First, review the architecture image included with the solution as it will help you understand the structure of the solution.

ML Professoar

This solution configures an Azure subscription to enable automated orchestation of semi-supervised AI/ML solutions. A semi-supervised solution will have two components, the engine, covered in this readme and a model provided by you. The model is generally a custom model specific to the ML problem but Azure provides three "packaged" models that have been integrated with ML Professoar by way of example. There are two versions of the engine that can be deployed, static and trained. A static model cannot be trained but can still have evaluations that do not meet the confidence threshold required by your solution vs a trained model which will have a labeling stage allowing the capabilities of your model to improve over time through trainign based on the labels. The ML Professoar solution handels all of the invocation of the training and models as well as the management of the contant and its associated labeling required to operationalize a semi-supervised ML solution. Data Scientists using this model are required to have minimal knowledge of Azure and the code required to orchestrate a model on Azure. Models simply have to be invocable via HTTP and respond with JSON. The interface beyond that is fully configurable such that it often works with existing models with little or no changes to the existing model.

Dependencies

ML Professoar is dependent on an externalized model, the model must be invocable via http that accepts a file URL and returns JSON content in the body of the response where a single value in the JSON represents confidence in the model analysis. All interface definition is via environment configuration values so the address, parameter names, and JSON path are not hardcoded dependencies for this project but are configurable through Azure Functions. You can find a static model sample at Brand Detection Model and a trained model sample at Semisupervised Data EvaluationModel

Additionally, the project requires the Azure Search CLI installed. From your Cloud Shell run "Install-Module az.search" accept the warning prompt. Once it installs you will be able to run the PS1 script to configure the ML Professoar Azure environment.

Getting started

First, review the architecture image included with the solution as it will help you understand the structure of the solution.

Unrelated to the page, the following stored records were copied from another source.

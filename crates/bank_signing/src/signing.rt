// What an accepted signing leaves.
ghost use Rattle.std.specs.Prelude.{◌≡◌, ◌≤◌};
ghost use Rattle.bank_state.specs.Limits.{all_signers};
ghost use Rattle.bank_rows.specs.State.{bank_of, stored, Laid};
ghost use Rattle.bank_signing.specs.Signings.{Signs, signed_place, sign};

use crate::orders::find_order;
use bank_lists::nonces::add_nonce;
use bank_rows::places::{place_at, set_place};
use bank_state::state::Place;
use frame_table::fields::Fields;
use signers::set::with_signer;

// The place with the subscriber among the signers of its order.
fn signed_place(p: Place, subscriber: u64) -> Place
    requires { p.signers ≤ all_signers }
    ensures { result ≡ signed_place subscriber p }
{
    Place {
        signers: u64::from(with_signer(p.signers as u8, subscriber)),
        ..p
    }
}

// The subscriber becomes a signer of the order named, and the signing's nonce is remembered.
pub fn sign(rows: &mut [u64], q: Fields)
    requires { Laid rows.old × Signs (bank_of rows.old) q }
    ensures { rows.new ≡ stored (sign q (bank_of rows.old)) rows.old }
{
    let i = find_order(rows, q.owner(), q.order_number());
    let place = signed_place(place_at(rows, i), q.subscriber());
    set_place(rows, i, place);
    let nonce = q.nonce();
    add_nonce(rows, nonce.high, nonce.low, q.timestamp());
}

To get started, install azure search module for powershell, install-module az.search, and then save the powershell, MLProfessoarEngienConfig.ps1, script to your environment, see deployment below. This is the script that will configure your azure environment for ML Professoar. Because this framework is dependent on having an analysis model to run, please deploy your analysis model before running this script, see the SemisupervisedDataEvaluationModelEnvironmentConfiguration.ps1 script in the semisupervised data evaluation model project. It will save you additional configuration steps after you complete deployment.

The PowerShell script will prompt for a significant number of parameters about the environment. As a result, it will help to plan your environment in advance. See the Configuration Parameters below for the values the scripts require.

Note: if the script errors simply run it again. Enter the same name for the resource group and the script will clean up the previous attempt as the first step. When the script checks for the resource group if it does not find it the script will out put a red message resource group not found. This is OK, it simply means that the script needs to create the resource group.

Deploying to Azure

This article shows how to upload and run powershell scripts in Azure: PowerShell in Azure

To deploy this project to the cloud after you have the PowerShell script open the project in Visual Studio, then open Cloud Explorer in Visual Studio and sign into Azure, then right click on your function app that you configured in the ps1 script and select deploy.

Configuration Parameters

Then collect all of these values:

  • the name of the subscription where this solution will be deployed
  • the name of the resource group that you want to create for installing this orchestration framework for managing semisupervised models (default = semisupervisedFramework)
  • the name of the azure storage account you want to create for this installation of the orchestration framework
  • the name for the azure function app you want to create for this installation of the orchestration framework
  • the Azure location, data center, where you want this solution deployed. Note, if you will be using Python functions as part of your solution you must carefully choose your azure location, As of 8/1/19, Python functions are only available in eastasia, eastus, northcentralus, northeurope, westeurope, and westus. If you deploy your solution in a different data center network transit time may affect your solution performance (default = westus)
  • the model type you want to deploy: 'static', meaning the framework does not support a training loop in the model or 'trained' which supports a model with a full training loop
  • the name of the storage container for blobs to be evaluated by the model configured in this framework (default = pendingevaluation)
  • the name of the storage container for blobs after they are evaluated by the model (default = evaluateddata)
  • the name of the storage container for JSON blobs containing data generated from the blobs evaluated by this model (default = evaluatedjson)
  • the name of the storage container for blobs that require supervision after they have been evaluated by the model (default = pendingsupervision)
  • the JSON path where the blob analysis confidence value will be found in the JSON document found in the model analysis response. By default, "confidence" is expected as a root key in the response JSON (default = confidence)
  • the decimal value in the format of a C# Double that specifies the confidence threshold the model must return to indicate the model blob analysis is acceptable (default = .95)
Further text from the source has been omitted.